- What the task asks:
If a line in the entries below contains "EventPost", copy it.

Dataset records

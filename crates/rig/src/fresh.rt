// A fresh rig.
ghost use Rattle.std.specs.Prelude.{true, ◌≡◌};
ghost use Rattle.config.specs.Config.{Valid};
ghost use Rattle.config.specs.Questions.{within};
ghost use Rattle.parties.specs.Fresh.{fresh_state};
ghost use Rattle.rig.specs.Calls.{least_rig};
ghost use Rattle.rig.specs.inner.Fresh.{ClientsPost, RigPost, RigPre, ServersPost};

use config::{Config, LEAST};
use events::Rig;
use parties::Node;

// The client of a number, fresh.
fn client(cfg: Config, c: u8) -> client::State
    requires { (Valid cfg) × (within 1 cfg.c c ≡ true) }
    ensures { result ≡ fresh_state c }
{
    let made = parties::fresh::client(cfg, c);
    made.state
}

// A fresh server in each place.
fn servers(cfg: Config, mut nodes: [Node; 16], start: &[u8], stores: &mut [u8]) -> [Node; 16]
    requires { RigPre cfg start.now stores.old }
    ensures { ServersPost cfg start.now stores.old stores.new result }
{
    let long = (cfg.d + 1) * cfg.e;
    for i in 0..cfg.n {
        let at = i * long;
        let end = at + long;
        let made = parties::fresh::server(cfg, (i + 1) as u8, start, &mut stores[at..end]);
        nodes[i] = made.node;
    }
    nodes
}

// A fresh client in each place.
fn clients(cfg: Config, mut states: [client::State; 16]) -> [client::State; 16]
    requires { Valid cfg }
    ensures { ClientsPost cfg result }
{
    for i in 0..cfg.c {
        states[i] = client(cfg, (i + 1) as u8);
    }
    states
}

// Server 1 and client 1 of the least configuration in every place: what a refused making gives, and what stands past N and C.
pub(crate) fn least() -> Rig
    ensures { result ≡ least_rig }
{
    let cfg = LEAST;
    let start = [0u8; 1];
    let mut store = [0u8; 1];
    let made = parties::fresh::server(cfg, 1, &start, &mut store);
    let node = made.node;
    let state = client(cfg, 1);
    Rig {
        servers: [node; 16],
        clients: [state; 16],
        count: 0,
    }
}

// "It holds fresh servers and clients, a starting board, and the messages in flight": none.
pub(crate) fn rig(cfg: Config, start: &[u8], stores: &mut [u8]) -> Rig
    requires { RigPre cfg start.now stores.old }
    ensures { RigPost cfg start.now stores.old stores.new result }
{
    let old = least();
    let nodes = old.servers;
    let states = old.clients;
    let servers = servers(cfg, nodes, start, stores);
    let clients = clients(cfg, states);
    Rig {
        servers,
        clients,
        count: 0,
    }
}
* * *
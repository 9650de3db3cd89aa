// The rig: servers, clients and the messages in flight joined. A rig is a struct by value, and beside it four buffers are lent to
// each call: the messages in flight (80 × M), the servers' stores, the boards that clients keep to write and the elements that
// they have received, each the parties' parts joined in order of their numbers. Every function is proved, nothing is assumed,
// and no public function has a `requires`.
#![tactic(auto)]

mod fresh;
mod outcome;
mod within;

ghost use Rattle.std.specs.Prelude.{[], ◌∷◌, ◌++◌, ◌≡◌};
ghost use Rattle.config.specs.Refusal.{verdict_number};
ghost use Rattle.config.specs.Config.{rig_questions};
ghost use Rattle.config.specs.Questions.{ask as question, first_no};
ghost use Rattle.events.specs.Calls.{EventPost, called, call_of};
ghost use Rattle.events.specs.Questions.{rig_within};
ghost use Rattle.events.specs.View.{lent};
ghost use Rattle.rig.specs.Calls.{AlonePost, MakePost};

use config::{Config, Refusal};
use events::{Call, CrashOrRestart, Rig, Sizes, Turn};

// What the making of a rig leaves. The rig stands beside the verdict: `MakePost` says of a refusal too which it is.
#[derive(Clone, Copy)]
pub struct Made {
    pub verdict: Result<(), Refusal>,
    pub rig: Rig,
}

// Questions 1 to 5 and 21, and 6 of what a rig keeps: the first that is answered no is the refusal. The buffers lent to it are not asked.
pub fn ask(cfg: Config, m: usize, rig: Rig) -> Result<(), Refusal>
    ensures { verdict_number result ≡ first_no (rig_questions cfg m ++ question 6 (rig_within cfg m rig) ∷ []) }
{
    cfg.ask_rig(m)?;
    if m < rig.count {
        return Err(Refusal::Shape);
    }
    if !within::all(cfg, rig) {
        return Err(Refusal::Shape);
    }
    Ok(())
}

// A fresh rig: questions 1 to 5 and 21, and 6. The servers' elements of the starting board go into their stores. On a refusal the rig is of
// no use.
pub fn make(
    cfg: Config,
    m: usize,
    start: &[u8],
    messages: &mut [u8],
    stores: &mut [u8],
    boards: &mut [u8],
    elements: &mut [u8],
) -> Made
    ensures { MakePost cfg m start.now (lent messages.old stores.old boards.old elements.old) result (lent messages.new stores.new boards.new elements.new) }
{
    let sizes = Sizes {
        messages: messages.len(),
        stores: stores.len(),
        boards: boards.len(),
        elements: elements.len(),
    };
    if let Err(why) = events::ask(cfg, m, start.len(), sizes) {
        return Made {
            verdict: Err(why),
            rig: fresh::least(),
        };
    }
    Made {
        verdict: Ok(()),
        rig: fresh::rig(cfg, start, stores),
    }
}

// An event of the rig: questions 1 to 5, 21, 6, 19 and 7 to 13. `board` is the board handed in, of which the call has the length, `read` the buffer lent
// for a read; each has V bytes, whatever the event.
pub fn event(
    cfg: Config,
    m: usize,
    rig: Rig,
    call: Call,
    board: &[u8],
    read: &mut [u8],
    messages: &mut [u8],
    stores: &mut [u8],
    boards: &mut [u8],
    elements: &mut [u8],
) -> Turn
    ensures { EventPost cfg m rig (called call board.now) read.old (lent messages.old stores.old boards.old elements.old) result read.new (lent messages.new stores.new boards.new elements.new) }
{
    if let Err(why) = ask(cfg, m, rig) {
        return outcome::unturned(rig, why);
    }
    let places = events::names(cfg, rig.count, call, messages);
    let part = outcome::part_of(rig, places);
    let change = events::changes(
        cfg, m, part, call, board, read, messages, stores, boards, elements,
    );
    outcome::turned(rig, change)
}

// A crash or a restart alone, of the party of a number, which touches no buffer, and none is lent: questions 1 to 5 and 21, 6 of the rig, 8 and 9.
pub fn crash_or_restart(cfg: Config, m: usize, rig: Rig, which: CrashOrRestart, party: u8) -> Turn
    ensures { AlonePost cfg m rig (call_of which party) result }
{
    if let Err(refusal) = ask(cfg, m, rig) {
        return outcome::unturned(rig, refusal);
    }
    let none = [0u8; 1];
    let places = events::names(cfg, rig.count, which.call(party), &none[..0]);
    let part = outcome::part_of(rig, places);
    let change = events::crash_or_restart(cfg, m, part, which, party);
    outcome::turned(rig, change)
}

- Result:
ghost use Rattle.events.specs.Calls.{EventPost, called, call_of};
    ensures { EventPost cfg m rig (called call board.now) read.old (lent messages.old stores.old boards.old elements.old) result read.new (lent messages.new stores.new boards.new elements.new) }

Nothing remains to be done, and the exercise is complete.